Cinder Announces New Executive Chef, New Menu and Happy Hour Program Debut
Teddy Sourias of Craft Concepts Group (BRU Craft & Wurst, U-Bahn, Uptown Beer Garden, Finn McCool’s Ale House) announces a new chef, new menu and the debut of happy hour at Cinder at 1500 Locust Street. The Rittenhouse neighborhood cider/sour bar and artisan pizza kitchen welcomes Oliver Muguia as the new Executive Chef. Munguia debuts his first menu since taking over the kitchen, with over a dozen new dishes including pale ale mussels, arrabbiata wood-fired pizza, duck spring rolls, mojo shrimp and octopus, cherry and chevre salad and mushroom empanaditas. Six of the new dishes will be featured on Cinder‘s first-ever happy hour that runs Mondaythrough Friday, from 4:00pm to 6:00pm. Happy hour specials include $5.00 appetizers, $8.00 mussels, $3.00 off all drafts, $3.00 off all wines by the glass, plus a featured wood-fired pie of the day. The new dinner and happy hour menus are available immediately. For more information about Cinder, call 267-761-5582, visit www.cinderphilly.com, follow @cinderphilly on Twitter and Instagram, and like Cinder on facebook.com/cinderphilly.
NEW CHEF AND MENU
New Executive Chef Oliver Munguia started with Craft Concepts Group in 2016 by serving on the culinary team behind Uptown Beer Garden. He then was tapped to consult on a new menu direction for Finn McCool’s Ale House before he was asked to help open Cinder. Munguia took over as Executive Chef in March of 2017.

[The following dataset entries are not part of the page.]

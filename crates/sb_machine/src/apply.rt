//! What a core has done elsewhere, put into the parts of a machine.

ghost use Rattle.std.specs.Prelude.{◌≡◌, ◌<◌, length};
ghost use Rattle.sb_memory.specs.Physical.{IsPhysical};
ghost use Rattle.sb_machine.specs.Applied.{is_decided, is_word_place, machine_behind, origin_kept, with_seen, with_seens, with_word};

use crate::parts::Parts;
use crate::place::{Place, Seen, Seens};
use crate::processor::{Core, CoreState, Origin};
use sb_abi::{BRANCH_ON_EXCHANGE, BRANCH_ON_KEY, BRANCH_ON_POOL, STACK_OFFSET, TEST_MASK};
use sb_insn::Regs;
use sb_insn::registers::RAX;
use sb_memory::{Memory, PAGE_SIZE, Phys, PhysAddr};

// ---- the core

/// Whether a core that is to do this phase with these registers has no call before its decision.
fn is_decided(phase: Option<u8>, regs: &Regs) -> bool
    ensures { result ≡ is_decided phase regs.now }
{
    match phase {
        None => true,
        Some(BRANCH_ON_KEY) => !regs.flags.zf,
        Some(TEST_MASK | BRANCH_ON_POOL) => regs.general[RAX] == 0,
        Some(BRANCH_ON_EXCHANGE) => regs.flags.zf,
        Some(phase) => STACK_OFFSET <= phase,
    }
}

/// Where the thread stood at the VMFUNC, kept where the call is not decided.
fn origin_kept(after: &CoreState, origin: Option<Origin>) -> Option<Origin>
    ensures { result ≡ origin_kept after.now origin }
{
    if is_decided(after.phase, &after.regs) {
        None
    } else {
        origin
    }
}

// ---- memory

/// Whether a word may stand at a place.
fn is_word_place(memory: &Memory, place: u64) -> bool
    ensures { result ≡ is_word_place memory.now place }
{
    place.is_multiple_of(8) && place < PAGE_SIZE * u64::from(memory.frames())
}

/// Puts a word where one may stand.
fn put_word(memory: &mut Memory, place: u64, word: u64)
    ensures { memory.new ≡ with_word memory.old place word }
{
    if is_word_place(memory, place) {
        memory.set_word(PhysAddr(place), word);
    }
}

/// Puts a word that was seen.
fn put_seen(memory: &mut Memory, seen: &Seen)
    ensures { memory.new ≡ with_seen memory.old seen.now }
{
    match seen.place {
        Place::Word(place) => put_word(memory, place, seen.value),
        Place::Core(_) => {}
    }
}

/// Puts words that were seen, one after another.
fn put_seens(memory: &mut Memory, seens: &[Seen])
    ensures { memory.new ≡ with_seens memory.old seens.now }
{
    for seen in seens {
        put_seen(memory, seen);
    }
}

// ---- the machine

/// Puts the state of a core and the words that it wrote.
#[tactic(auto, unfolding(crate::specs::Machine::core_at))]
pub fn apply(parts: &mut Parts, number: u8, after: &CoreState, writes: &Seens)
    requires { number < length parts.old.cores }
    ensures applied { parts.new ≡ machine_behind parts.old number after.now writes.now }
    ensures physical { IsPhysical parts.old.memory }
{
    let _ = parts.memory.frames();
    put_seens(&mut parts.memory, writes.items());
    let core = parts.core(number);
    let behind = Core {
        state: *after,
        origin: origin_kept(after, core.origin),
        ..core
    };
    parts.set_core(number, behind);
}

“After seeing the passion Oliver had for food at Uptown Beer Garden and Finn McCool’s, I knew he was a natural fit to run the kitchen at Cinder,” said Sourias. “We have a strong concept, design and team in place, plus an extensive top-notch beer program. As we move out of our opening phase, it seemed just the right time to fine tune our food offerings. We look forward to having Oliver’s expertise, creativity and leadership in the kitchen.”
Munguia has called Philadelphia’s kitchens home for over 14 years. He has extensive experience in Philadelphia’s culinary scene from work at Reef, Green Eggs Cafe and Melograno (with Chef Gianlucas Demontis). Munguia believes cooking is all about taking risks and he is a big fan of molecular gastronomy. “A chef’s dish is only a success if you can’t wait to try what they have coming out next,” said Munguia.
Since taking the helm at Cinder, Munguia has already started work on refining the opening dinner menu, developing new lunch and happy hour menus, and testing Cinder’s first daily and weekly specials. Later in spring, and just in time for outdoor dining season, Munguia will also unveil Cinder’s first brunch menu.
“We will continue to focus on pizza, cheese/charcuterie, and mussels, but Oliver taking stewardship of our kitchen team gives us a tremendous opportunity to diversify and expand our small plates options,” said Craft Concepts Group Director of Operations Alex Bokulich. “Also we are also partnering with Fair Food, so we will have an increased presence of local/sustainable cheeses and vegetables throughout our menu.”
Look for Munguia’s fresh perspective on the new Cinder menu. “I’m excited to have the opportunity to do what I love most and cook good food with good people,” said Munguia. “I intend to bring a new and exciting twist to your traditional bar food. I love to try different things that will pair with Alex’s extensive selections at the bar, but dishes that will also surprise you.”
Under Munguia’s leadership, Cinder‘s new menu features 16 new dishes and recipes:
Al Pastor – Marinated Pork, Achiote Sauce, Pineapple Sweet Habanero, Pepperjack (new recipe)
HAPPY HOUR
With the new menu comes the debut of Cinder‘s first-ever happy hour program. Happy Hour will run Monday through Friday, from 4:00pm to 6:00pm and include discounted food and drink, plus a food features.
From the bar, enjoy 32 drafts of ciders, sours and wild ales for $3.00 off, plus 16 varieties of wine by the glass for $3.00 off. From the kitchen enjoy a selection of Munguia’s new appetizers for only $5.00 each, plus any mussels preparation for only $8.00.
Selections for $5.00 will include:
Siracha Wings – Sambal, Sriracha, Ranch
Duck Spring Rolls – Cherry Chutney, Spiced Horseradish, Fig Jam
Pale Ale Mussels – Chorizo, Scallion, Shallot, Aleppo
Flemish Ale Mussels – Sausage, Fennel, Chile, Parsley
In addition to the above specials, look for the debut of daily wood-fired pizza specials that capitalize on seasonal and local ingredients. Rotating daily pizza specials will debut by early April.